Target komplotan itu, kata Teguh, bermacam-macam latar belakang pekerjaan. Namun, rata-rata targetnya mereka yang memiliki banyak uang. Sebelum menjalankan aksi, pelaku menampilkan video-video porno melalui sebuah aplikasi. Tujuannya, memancing para korban agar terbujuk melakukan kontak.

Orang-orang yang melakukan kontak itulah yang menjadi mangsa para pelaku. Mereka lalu melakukan video call sex. Namun, video call tersebut direkam para pelaku tanpa sepengetahuan korbannya.

Hasil rekaman itulah yang dijadikan alat untuk memeras para korban. Caranya, mengancam akan menyebarkan bahwa korbannya mengakses konten porno.

Teguh menjelaskan bahwa 10 tersangka itu memiliki peran masing-masing. Ada yang bertugas melakukan profiling kepada korban di Tiongkok, ada juga yang menjadi model video call seks. Ada lagi yang berperan mencari, menghubungi, dan merekam video seks korban. Lalu, mengancam dan memeras korban dengan menggunakan sistem elektronik aplikasi WeChat.

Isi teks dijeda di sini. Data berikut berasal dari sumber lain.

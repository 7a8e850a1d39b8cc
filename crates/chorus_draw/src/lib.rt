//! Draws: the numbers of a linear congruential generator, the same for each first state.
//!
//! The layer above rests on `specs/Draws.antt`, which says what the generator comes to next and which number is drawn there.
//! Begin with [`next_state`].
#![tactic(auto)]

ghost use Rattle.std.specs.Prelude.{◌≡◌};
ghost use Rattle.chorus_draw.specs.Draws.{next_state, number_of};

// The generator: a state times the one and plus the other, modulo 2^64. They are Knuth's.
const FACTOR: u64 = 6_364_136_223_846_793_005;

const INCREMENT: u64 = 1_442_695_040_888_963_407;

/// The state that the generator of draws comes to next.
pub fn next_state(state: u64) -> u64
    ensures { result ≡ next_state state }
{
    state.wrapping_mul(FACTOR).wrapping_add(INCREMENT)
}

/// The number that is drawn where the generator has come to this state: its upper 31 bits.
pub fn number_of(state: u64) -> u64
    ensures { result ≡ number_of state }
{
    state >> 33
}
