//! The bytes as chunks, and the line between the ends.

ghost use Rattle.std.specs.Prelude.{◌≡◌, ◌⊎◌, ◌<◌, ◌≤◌, ◌-◌, ◌^◌, IfOk, OnOk, OnErr};
ghost use Rattle.chorus_transport.specs.Receiving.{after_arrival};
ghost use Rattle.chorus_lossy.specs.Line.{chunk_at, chunk_count};

use chorus_transport::{Chunk, Receiver};
use std::alloc::{AllocError, Global};

/// The bytes of a chunk; the last one may have fewer.
pub const CHUNK_BYTES: usize = 64;

/// The window of both ends, in chunks.
pub const WINDOW: u16 = 8;

/// In how many chunks the bytes are carried over the line.
pub(crate) fn chunk_count(bytes: &[u8]) -> u64
    ensures value { result ≡ chunk_count bytes.now }
    ensures small { result ≤ 2 ^ 57 }
{
    bytes.len().div_ceil(CHUNK_BYTES) as u64
}

/// The chunk of that number, from 0, of the bytes that are carried over the line.
pub(crate) fn chunk_at(alloc: Global, bytes: &[u8], number: u64) -> Result<Chunk, AllocError>
    requires { number < chunk_count bytes.now }
    ensures { IfOk result (λ chunk. chunk ≡ chunk_at bytes.now number) }
{
    let begin = number as usize * CHUNK_BYTES;
    let len = CHUNK_BYTES.min(bytes.len() - begin);
    Chunk::new(alloc, &bytes[begin..begin + len])
}

/// Lets a chunk arrive from the line at the receiver.
pub(crate) fn arrive(number: u64, chunk: Chunk, receiver: &mut Receiver) -> Result<(), AllocError>
    requires { number < 2 ^ 64 - 1 }
    ensures ok { OnOk result (receiver.new ≡ after_arrival receiver.old number chunk) }
    ensures err { OnErr result (receiver.new ≡ receiver.old) }
{
    match receiver.arrived(number, chunk) {
        Ok(_) => Ok(()),
        Err((_, error)) => Err(error),
    }
}

/// Lets a chunk arrive from the line at the receiver, and again.
pub(crate) fn arrive_twice(
    alloc: Global,
    number: u64,
    chunk: Chunk,
    receiver: &mut Receiver,
) -> Result<(), AllocError>
    requires { number < 2 ^ 64 - 1 }
    ensures ok { OnOk result (receiver.new
        ≡ after_arrival (after_arrival receiver.old number chunk) number chunk) }
    ensures err { OnErr result ((receiver.new ≡ receiver.old)
        ⊎ (receiver.new ≡ after_arrival receiver.old number chunk)) }
{
    let again = Chunk::new(alloc, chunk.bytes())?;
    arrive(number, again, receiver)?;
    arrive(number, chunk, receiver)
}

”Kasus ini kami limpahkan ke imigrasi,” ucap Teguh.

Kepala Bidang Teknologi Informasi (Kabid Infokim) Kantor Imigrasi Kelas I Khusus Tempat Pemeriksaan Imigrasi (TPI) Batam Tessa Harumdila mengatakan, WNA itu sudah berkali-kali berbuat pidana tersebut. Karena itu, pihaknya akan lebih meningkatkan pengawasan.

Tessa menduga komplotan itu masuk saat pandemi melalui Bandara Soekarno-Hatta (Soetta). Setelah menjalani karantina, mereka menuju ke Batam.

”Mereka masuk melalui visa kunjungan. Atas pengungkapan ini, kami akan berkoordinasi dengan imigrasi pusat untuk memperketat pengawasan,” katanya. (RED)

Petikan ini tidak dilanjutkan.